Character for character, reproduce every entry below.

= = = = = = =

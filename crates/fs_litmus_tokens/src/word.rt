//! Words, and what they may be read as.

ghost use Rattle.std.specs.Prelude.{◌≡◌};
ghost use Rattle.std.specs.Char.{is_ascii_digit, is_ascii_hexdigit};
ghost use Rattle.std.specs.List.{list_all};
ghost use Rattle.fs_litmus_tokens.specs.Words.{is_digits, is_hexadecimal, is_number, is_name, begins_name, has_dot};
ghost use Rattle.fs_litmus_tokens.specs.Words.{keyword_of, class_of};

/// What a word may be read as, by its spelling alone (herd7's format of litmus tests). Each class but `Number` and
/// `Other` has names only: a word that begins with a letter or `_` and has no `.`, so a keyword may name a location
/// too.
#[derive(Clone, Copy)]
pub enum Class {
    /// Decimal digits, or `0x` and hexadecimal digits.
    Number,
    /// `locations`.
    LocationsWord,
    /// `exists`.
    ExistsWord,
    /// `forall`.
    ForallWord,
    /// `not`.
    NotWord,
    /// `true`.
    TrueWord,
    /// `false`.
    FalseWord,
    /// Any other name.
    Name,
    /// Neither a number nor a name.
    Other,
}

impl Class {
    /// May it name a location, a label or a register?
    pub fn is_name(self) -> bool
        ensures { result ≡ is_name self }
    {
        !matches!(self, Class::Number | Class::Other)
    }
}

fn all_digits(bytes: &[u8]) -> bool
    ensures { result ≡ list_all is_ascii_digit bytes.now }
{
    bytes.iter().all(|b| b.is_ascii_digit())
}

fn all_hexadecimal(bytes: &[u8]) -> bool
    ensures { result ≡ list_all is_ascii_hexdigit bytes.now }
{
    bytes.iter().all(|b| b.is_ascii_hexdigit())
}

fn is_digits(word: &str) -> bool
    ensures { result ≡ is_digits word.now }
{
    !word.is_empty() && all_digits(word.as_bytes())
}

fn is_hexadecimal(digits: &str) -> bool
    ensures { result ≡ is_hexadecimal digits.now }
{
    !digits.is_empty() && all_hexadecimal(digits.as_bytes())
}

#[tactic(auto, unfolding(crate::specs::Words::is_number))]
fn is_number(word: &str) -> bool
    ensures { result ≡ is_number word.now }
{
    match word.strip_prefix("0x") {
        Some(digits) => is_hexadecimal(digits),
        None => is_digits(word),
    }
}

fn begins_name(word: &str) -> bool
    ensures { result ≡ begins_name word.now }
{
    match word.as_bytes().first() {
        Some(byte) => byte.is_ascii_alphabetic() || *byte == b'_',
        None => false,
    }
}

fn has_dot(word: &str) -> bool
    ensures { result ≡ has_dot word.now }
{
    word.as_bytes().iter().any(|byte| *byte == b'.')
}

#[tactic(auto, unfolding(crate::specs::Words::keyword_of))]
fn keyword_of(word: &str) -> Option<Class>
    ensures { result ≡ keyword_of word.now }
{
    match word {
        "locations" => Some(Class::LocationsWord),
        "exists" => Some(Class::ExistsWord),
        "forall" => Some(Class::ForallWord),
        "not" => Some(Class::NotWord),
        "true" => Some(Class::TrueWord),
        "false" => Some(Class::FalseWord),
        _ => None,
    }
}

/// What the word may be read as.
#[tactic(auto, unfolding(crate::specs::Words::class_of))]
pub fn class_of(word: &str) -> Class
    ensures { result ≡ class_of word.now }
{
    if let Some(class) = keyword_of(word) {
        return class;
    }
    if is_number(word) {
        return Class::Number;
    }
    if begins_name(word) && !has_dot(word) {
        return Class::Name;
    }
    Class::Other
}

= = = = = = =

[Reply]
filename crates/fs_litmus_tokens/src/word.rt
//! Words, and what they may be read as.

ghost use Rattle.std.specs.Prelude.{◌≡◌};
ghost use Rattle.std.specs.Char.{is_ascii_digit, is_ascii_hexdigit};
ghost use Rattle.std.specs.List.{list_all};
ghost use Rattle.fs_litmus_tokens.specs.Words.{is_digits, is_hexadecimal, is_number, is_name, begins_name, has_dot};
ghost use Rattle.fs_litmus_tokens.specs.Words.{keyword_of, class_of};

/// What a word may be read as, by its spelling alone (herd7's format of litmus tests). Each class but `Number` and
/// `Other` has names only: a word that begins with a letter or `_` and has no `.`, so a keyword may name a location
/// too.
#[derive(Clone, Copy)]
pub enum Class {
    /// Decimal digits, or `0x` and hexadecimal digits.
    Number,
    /// `locations`.
    LocationsWord,
    /// `exists`.
    ExistsWord,
    /// `forall`.
    ForallWord,
    /// `not`.
    NotWord,
    /// `true`.
    TrueWord,
    /// `false`.
    FalseWord,
    /// Any other name.
    Name,
    /// Neither a number nor a name.
    Other,
}

impl Class {
    /// May it name a location, a label or a register?
    pub fn is_name(self) -> bool
        ensures { result ≡ is_name self }
    {
        !matches!(self, Class::Number | Class::Other)
    }
}

fn all_digits(bytes: &[u8]) -> bool
    ensures { result ≡ list_all is_ascii_digit bytes.now }
{
    bytes.iter().all(|b| b.is_ascii_digit())
}

fn all_hexadecimal(bytes: &[u8]) -> bool
    ensures { result ≡ list_all is_ascii_hexdigit bytes.now }
{
    bytes.iter().all(|b| b.is_ascii_hexdigit())
}

fn is_digits(word: &str) -> bool
    ensures { result ≡ is_digits word.now }
{
    !word.is_empty() && all_digits(word.as_bytes())
}

fn is_hexadecimal(digits: &str) -> bool
    ensures { result ≡ is_hexadecimal digits.now }
{
    !digits.is_empty() && all_hexadecimal(digits.as_bytes())
}

#[tactic(auto, unfolding(crate::specs::Words::is_number))]
fn is_number(word: &str) -> bool
    ensures { result ≡ is_number word.now }
{
    match word.strip_prefix("0x") {
        Some(digits) => is_hexadecimal(digits),
        None => is_digits(word),
    }
}

fn begins_name(word: &str) -> bool
    ensures { result ≡ begins_name word.now }
{
    match word.as_bytes().first() {
        Some(byte) => byte.is_ascii_alphabetic() || *byte == b'_',
        None => false,
    }
}

fn has_dot(word: &str) -> bool
    ensures { result ≡ has_dot word.now }
{
    word.as_bytes().iter().any(|byte| *byte == b'.')
}

#[tactic(auto, unfolding(crate::specs::Words::keyword_of))]
fn keyword_of(word: &str) -> Option<Class>
    ensures { result ≡ keyword_of word.now }
{
    match word {
        "locations" => Some(Class::LocationsWord),
        "exists" => Some(Class::ExistsWord),
        "forall" => Some(Class::ForallWord),
        "not" => Some(Class::NotWord),
        "true" => Some(Class::TrueWord),
        "false" => Some(Class::FalseWord),
        _ => None,
    }
}

/// What the word may be read as.
#[tactic(auto, unfolding(crate::specs::Words::class_of))]
pub fn class_of(word: &str) -> Class
    ensures { result ≡ class_of word.now }
{
    if let Some(class) = keyword_of(word) {
        return class;
    }
    if is_number(word) {
        return Class::Number;
    }
    if begins_name(word) && !has_dot(word) {
        return Class::Name;
    }
    Class::Other
}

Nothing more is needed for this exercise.